──────── Dataset excerpts

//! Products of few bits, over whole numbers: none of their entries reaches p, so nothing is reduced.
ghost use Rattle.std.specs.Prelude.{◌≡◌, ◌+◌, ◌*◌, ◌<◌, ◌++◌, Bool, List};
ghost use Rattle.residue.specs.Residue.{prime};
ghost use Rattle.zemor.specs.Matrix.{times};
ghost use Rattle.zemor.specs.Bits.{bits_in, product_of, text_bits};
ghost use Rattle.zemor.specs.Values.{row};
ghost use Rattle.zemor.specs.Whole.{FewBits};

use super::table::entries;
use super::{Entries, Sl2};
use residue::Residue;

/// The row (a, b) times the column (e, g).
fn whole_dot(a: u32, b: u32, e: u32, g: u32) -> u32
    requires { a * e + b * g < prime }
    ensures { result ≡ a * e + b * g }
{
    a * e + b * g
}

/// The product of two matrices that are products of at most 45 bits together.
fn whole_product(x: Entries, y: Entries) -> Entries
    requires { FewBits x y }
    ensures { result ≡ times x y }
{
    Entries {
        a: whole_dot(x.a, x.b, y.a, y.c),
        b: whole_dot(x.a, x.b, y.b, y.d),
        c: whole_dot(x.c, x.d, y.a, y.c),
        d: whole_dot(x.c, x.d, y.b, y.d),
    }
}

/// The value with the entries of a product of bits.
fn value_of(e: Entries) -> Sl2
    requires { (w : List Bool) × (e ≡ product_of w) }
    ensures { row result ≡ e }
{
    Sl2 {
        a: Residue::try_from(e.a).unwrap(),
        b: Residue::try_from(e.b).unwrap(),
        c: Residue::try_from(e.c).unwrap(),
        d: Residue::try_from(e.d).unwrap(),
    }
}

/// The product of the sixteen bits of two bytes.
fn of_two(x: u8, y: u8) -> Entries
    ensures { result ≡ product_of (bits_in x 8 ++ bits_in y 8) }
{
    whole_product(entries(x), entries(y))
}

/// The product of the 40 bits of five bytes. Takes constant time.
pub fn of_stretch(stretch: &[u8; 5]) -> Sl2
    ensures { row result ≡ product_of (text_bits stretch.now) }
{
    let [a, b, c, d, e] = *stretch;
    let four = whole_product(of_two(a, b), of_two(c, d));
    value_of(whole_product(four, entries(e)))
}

────────────────

* [Problem to solve]: The records above must be output exactly, in full.

* [Solution to this task]:
//! Products of few bits, over whole numbers: none of their entries reaches p, so nothing is reduced.
ghost use Rattle.std.specs.Prelude.{◌≡◌, ◌+◌, ◌*◌, ◌<◌, ◌++◌, Bool, List};
ghost use Rattle.residue.specs.Residue.{prime};
ghost use Rattle.zemor.specs.Matrix.{times};
ghost use Rattle.zemor.specs.Bits.{bits_in, product_of, text_bits};
ghost use Rattle.zemor.specs.Values.{row};
ghost use Rattle.zemor.specs.Whole.{FewBits};

use super::table::entries;
use super::{Entries, Sl2};
use residue::Residue;

/// The row (a, b) times the column (e, g).
fn whole_dot(a: u32, b: u32, e: u32, g: u32) -> u32
    requires { a * e + b * g < prime }
    ensures { result ≡ a * e + b * g }
{
    a * e + b * g
}

/// The product of two matrices that are products of at most 45 bits together.
fn whole_product(x: Entries, y: Entries) -> Entries
    requires { FewBits x y }
    ensures { result ≡ times x y }
{
    Entries {
        a: whole_dot(x.a, x.b, y.a, y.c),
        b: whole_dot(x.a, x.b, y.b, y.d),
        c: whole_dot(x.c, x.d, y.a, y.c),
        d: whole_dot(x.c, x.d, y.b, y.d),
    }
}

/// The value with the entries of a product of bits.
fn value_of(e: Entries) -> Sl2
    requires { (w : List Bool) × (e ≡ product_of w) }
    ensures { row result ≡ e }
{
    Sl2 {
        a: Residue::try_from(e.a).unwrap(),
        b: Residue::try_from(e.b).unwrap(),
        c: Residue::try_from(e.c).unwrap(),
        d: Residue::try_from(e.d).unwrap(),
    }
}

/// The product of the sixteen bits of two bytes.
fn of_two(x: u8, y: u8) -> Entries
    ensures { result ≡ product_of (bits_in x 8 ++ bits_in y 8) }
{
    whole_product(entries(x), entries(y))
}

/// The product of the 40 bits of five bytes. Takes constant time.
pub fn of_stretch(stretch: &[u8; 5]) -> Sl2
    ensures { row result ≡ product_of (text_bits stretch.now) }
{
    let [a, b, c, d, e] = *stretch;
    let four = whole_product(of_two(a, b), of_two(c, d));
    value_of(whole_product(four, entries(e)))
}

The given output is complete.